> _What you have to do_
Where a line of the records holds the string "IfSome", copy that line.

++++++

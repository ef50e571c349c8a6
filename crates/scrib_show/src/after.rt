//! What is known after a permitted log: the messages in flight, and what each role may do next.

ghost use Rattle.scrib_types.specs.Meaning.{agreement_of};
ghost use Rattle.scrib_show.specs.Progress.{FindsAfter};

use scrib_global::explain::{Flight, explain};
use scrib_global::fault::ExplainFault;
use scrib_global::next::{RoleStatus, next_of_roles};
use scrib_types::protocol::Protocol;
use scrib_types::shared_event::SharedEvent;
use std::alloc::Global;

// The messages in flight after a permitted log, and what each role may do next.
#[derive(Drop)]
pub(crate) struct After {
    pub flights: Vec<Flight>,
    pub roles: Vec<RoleStatus>,
}

// What is known after the log. It fails with `NotPermitted` and the place of the first offence, or where memory is
// refused.
pub(crate) fn after_log(
    alloc: Global,
    protocol: &Protocol,
    log: &[SharedEvent],
) -> Result<After, ExplainFault>
    ensures { FindsAfter (agreement_of protocol.now) log.now result }
{
    let flights = explain(alloc, protocol, log)?;
    let roles = next_of_roles(alloc, protocol, log)?;
    Ok(After { flights, roles })
}
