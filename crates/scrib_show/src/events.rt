//! The last events of a log, each with the number of the line that noted it.

ghost use Rattle.std.specs.Prelude.{◌≡◌, ◌≤◌, ◌<◌, ◌++◌, OnOk, length};
ghost use Rattle.std.specs.Fmt.{decimal};
ghost use Rattle.scrib_types.specs.Texts.{after_each};
ghost use Rattle.scrib_show.specs.ShownLines as lines;

use itoa::Buffer;
use scrib_report::table::push_right_aligned;
use scrib_types::event::Event;
use scrib_types::name::Role;
use scrib_types::shared_event::SharedEvent;
use scrib_types::shared_message::SharedMessage;
use scrib_types::text::{push_bytes, push_message, push_number};
use std::alloc::AllocError;

// The most events that are shown.
const SHOWN_EVENTS: usize = 10;

// Adds the last ten of the first `last` events, and the mark of an offence where the last is one. It fails where memory
// for the longer text is refused, as do the functions below.
pub(crate) fn push_events(
    out: &mut Vec<u8>,
    last: usize,
    offends: bool,
    numbers: &[u64],
    events: &[SharedEvent],
) -> Result<(), AllocError>
    requires within { last ≤ length events.now }
    requires paired { length numbers.now ≡ length events.now }
    ensures { OnOk result
        (out.new.items ≡ out.old.items ++ lines.events_text last offends numbers.now events.now) }
{
    if last == 0 {
        return Ok(());
    }
    let before = last.saturating_sub(SHOWN_EVENTS);
    push_heading(out, before, last)?;
    push_rows(out, &numbers[before..last], &events[before..last])?;
    push_bytes(out, offence_mark(offends).as_bytes())?;
    push_bytes(out, b"\n")
}

// Adds the line in front of the events after the first ones, without its end.
fn push_heading(out: &mut Vec<u8>, before: usize, last: usize) -> Result<(), AllocError>
    requires { before < last }
    ensures { OnOk result (out.new.items ≡ out.old.items ++ lines.rows_heading before last) }
{
    if last - before == 1 {
        push_bytes(out, b"event ")?;
    } else {
        push_bytes(out, b"events ")?;
        push_number(out, before as u64 + 1)?;
        push_bytes(out, b" to ")?;
    }
    push_number(out, last as u64)?;
    push_bytes(out, b":")
}

// Adds a row for each event, behind a line feed.
fn push_rows(out: &mut Vec<u8>, numbers: &[u64], events: &[SharedEvent]) -> Result<(), AllocError>
    requires { length numbers.now ≡ length events.now }
    ensures { OnOk result (out.new.items ≡ out.old.items
        ++ after_each 10 (lines.rows (lines.most_digits numbers.now) numbers.now events.now)) }
{
    let width = most_digits(numbers);
    for i in 0..numbers.len() {
        push_bytes(out, b"\n")?;
        push_row(out, width, numbers[i], events[i].get())?;
    }
    Ok(())
}

// The most digits of the numbers.
fn most_digits(numbers: &[u64]) -> usize
    ensures { result ≡ lines.most_digits numbers.now }
{
    let mut most = 0;
    for number in numbers {
        most = most.max(digits(*number));
    }
    most
}

// The number of digits.
fn digits(number: u64) -> usize
    ensures { result ≡ length (decimal number) }
{
    let mut buffer = Buffer::new();
    buffer.format(number).len()
}

// Adds the row of an event, whose line has this number.
#[tactic(auto, unfolding(crate::specs::ShownLines::row_text))]
fn push_row(out: &mut Vec<u8>, width: usize, number: u64, event: &Event) -> Result<(), AllocError>
    ensures { OnOk result (out.new.items ≡ out.old.items ++ lines.row_text width number event.now) }
{
    push_bytes(out, b"  line ")?;
    push_right_aligned(out, width, number)?;
    push_bytes(out, b"  ")?;
    push_event(out, event)
}

/// Adds the event as a line spells it, without the id.
///
/// # Errors
/// `AllocError` where memory for the longer text is refused.
#[tactic(auto, unfolding(crate::specs::ShownLines::event_text))]
pub fn push_event(out: &mut Vec<u8>, event: &Event) -> Result<(), AllocError>
    ensures { OnOk result (out.new.items ≡ out.old.items ++ lines.event_text event.now) }
{
    match event {
        Event::Join { role } => {
            push_bytes(out, b"join ")?;
            push_bytes(out, role.as_bytes())
        }
        Event::Sent { from, to, message } => {
            push_bytes(out, b"send ")?;
            push_exchange(out, from, to, message)
        }
        Event::Received { from, to, message } => {
            push_bytes(out, b"recv ")?;
            push_exchange(out, from, to, message)
        }
    }
}

// Adds the sender, the receiver and the message.
fn push_exchange(
    out: &mut Vec<u8>,
    from: &Role,
    to: &Role,
    message: &SharedMessage,
) -> Result<(), AllocError>
    ensures { OnOk result (out.new.items ≡ out.old.items ++ lines.exchange_text from.now to.now message.now) }
{
    push_bytes(out, from.as_bytes())?;
    push_bytes(out, b" ")?;
    push_bytes(out, to.as_bytes())?;
    push_bytes(out, b" ")?;
    push_message(out, message.get())
}

// What is behind the last event.
fn offence_mark(offends: bool) -> &'static str
    ensures { result.now ≡ lines.offence_mark offends }
{
    if offends { "    <- offence" } else { "" }
}
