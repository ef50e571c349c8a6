//! The text of an open conversation.

ghost use Rattle.std.specs.Prelude.{◌≡◌, ◌<◌, ◌++◌, IfOk, IfSome, OnOk, length, slice_get};
ghost use Rattle.scrib_types.specs.Logs.{subject_of};
ghost use Rattle.scrib_cli.specs.NextLines.{are_at_rest, next_lines};
ghost use Rattle.scrib_show.specs.Pages as pages;
ghost use Rattle.scrib_show.specs.ShownLines as lines;
ghost use Rattle.scrib_show.specs.Progress.{conversation_of};

use crate::after::After;
use crate::events::push_events;
use crate::flights::push_flights;
use crate::head::{permitted_text, push_head, push_offence};
use scrib_cli::next_lines::{are_at_rest, push_lines};
use scrib_reasons::reason::Reason;
use scrib_types::name::Dotted;
use scrib_types::shared_event::SharedEvent;
use scrib_types::text::push_bytes;
use std::alloc::{AllocError, Global};

// An open conversation: its protocol's name, whether the reported verdict is stale, its log, and the numbers of the
// lines that noted the events.
#[derive(Clone, Copy)]
pub(crate) struct Page<'a> {
    pub name: &'a Dotted,
    pub stale: bool,
    pub log: &'a [SharedEvent],
    pub numbers: &'a [u64],
}

// The text where the library has no such protocol. It fails where memory is refused, as do the functions below.
pub(crate) fn withdrawn_page(alloc: Global, page: Page<'_>) -> Result<Vec<u8>, AllocError>
    requires { length page.numbers.now ≡ length page.log.now }
    ensures { IfOk result (λ text. text.items
        ≡ pages.withdrawn_page (conversation_of page.entry) page.entry.stale page.entry.numbers.now) }
{
    let mut out = Vec::new(alloc);
    push_head(&mut out, page.name, page.log.len(), page.stale)?;
    push_bytes(&mut out, b"withdrawn")?;
    push_bytes(&mut out, b"\n")?;
    push_events(&mut out, page.log.len(), false, page.numbers, page.log)?;
    Ok(out)
}

// The text where the log is permitted.
pub(crate) fn permitted_page(
    alloc: Global,
    page: Page<'_>,
    after: &After,
) -> Result<Vec<u8>, AllocError>
    requires { length page.numbers.now ≡ length page.log.now }
    ensures { IfOk result (λ text. text.items
        ≡ pages.permitted_page (conversation_of page.entry) page.entry.stale page.entry.numbers.now
        (are_at_rest after.now.roles.items) after.now.flights.items after.now.roles.items) }
{
    let complete = are_at_rest(after.roles.as_slice());
    let mut out = Vec::new(alloc);
    push_head(&mut out, page.name, page.log.len(), page.stale)?;
    push_bytes(&mut out, permitted_text(complete).as_bytes())?;
    push_bytes(&mut out, b"\n")?;
    push_events(&mut out, page.log.len(), false, page.numbers, page.log)?;
    push_after(&mut out, false, after)?;
    Ok(out)
}

// The text where the event at this index is the first offence, for this reason, and this is known after the events
// before it.
pub(crate) fn offence_page(
    alloc: Global,
    page: Page<'_>,
    at: usize,
    reason: Reason,
    before: &After,
) -> Result<Vec<u8>, AllocError>
    requires paired { length page.numbers.now ≡ length page.log.now }
    requires within { at < length page.log.now }
    ensures { IfOk result (λ text. IfSome (slice_get page.entry.log.now at) (λ e. text.items
        ≡ pages.offence_page (conversation_of page.entry) page.entry.stale page.entry.numbers.now
        at (subject_of e) reason before.now.flights.items before.now.roles.items)) }
{
    let mut out = Vec::new(alloc);
    push_head(&mut out, page.name, page.log.len(), page.stale)?;
    push_offence(&mut out, at + 1, page.log[at].get().subject(), reason)?;
    push_bytes(&mut out, b"\n")?;
    push_events(&mut out, at + 1, true, page.numbers, page.log)?;
    push_after(&mut out, true, before)?;
    Ok(out)
}

// Adds the messages in flight, and a line for each role.
fn push_after(out: &mut Vec<u8>, offends: bool, after: &After) -> Result<(), AllocError>
    ensures { OnOk result (out.new.items ≡ out.old.items
        ++ lines.flights_line offends after.now.flights.items ++ next_lines after.now.roles.items) }
{
    push_flights(out, offends, after.flights.as_slice())?;
    push_lines(out, after.roles.as_slice())
}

++++++

> _Task output_
ghost use Rattle.std.specs.Prelude.{◌≡◌, ◌<◌, ◌++◌, IfOk, IfSome, OnOk, length, slice_get};
    ensures { IfOk result (λ text. IfSome (slice_get page.entry.log.now at) (λ e. text.items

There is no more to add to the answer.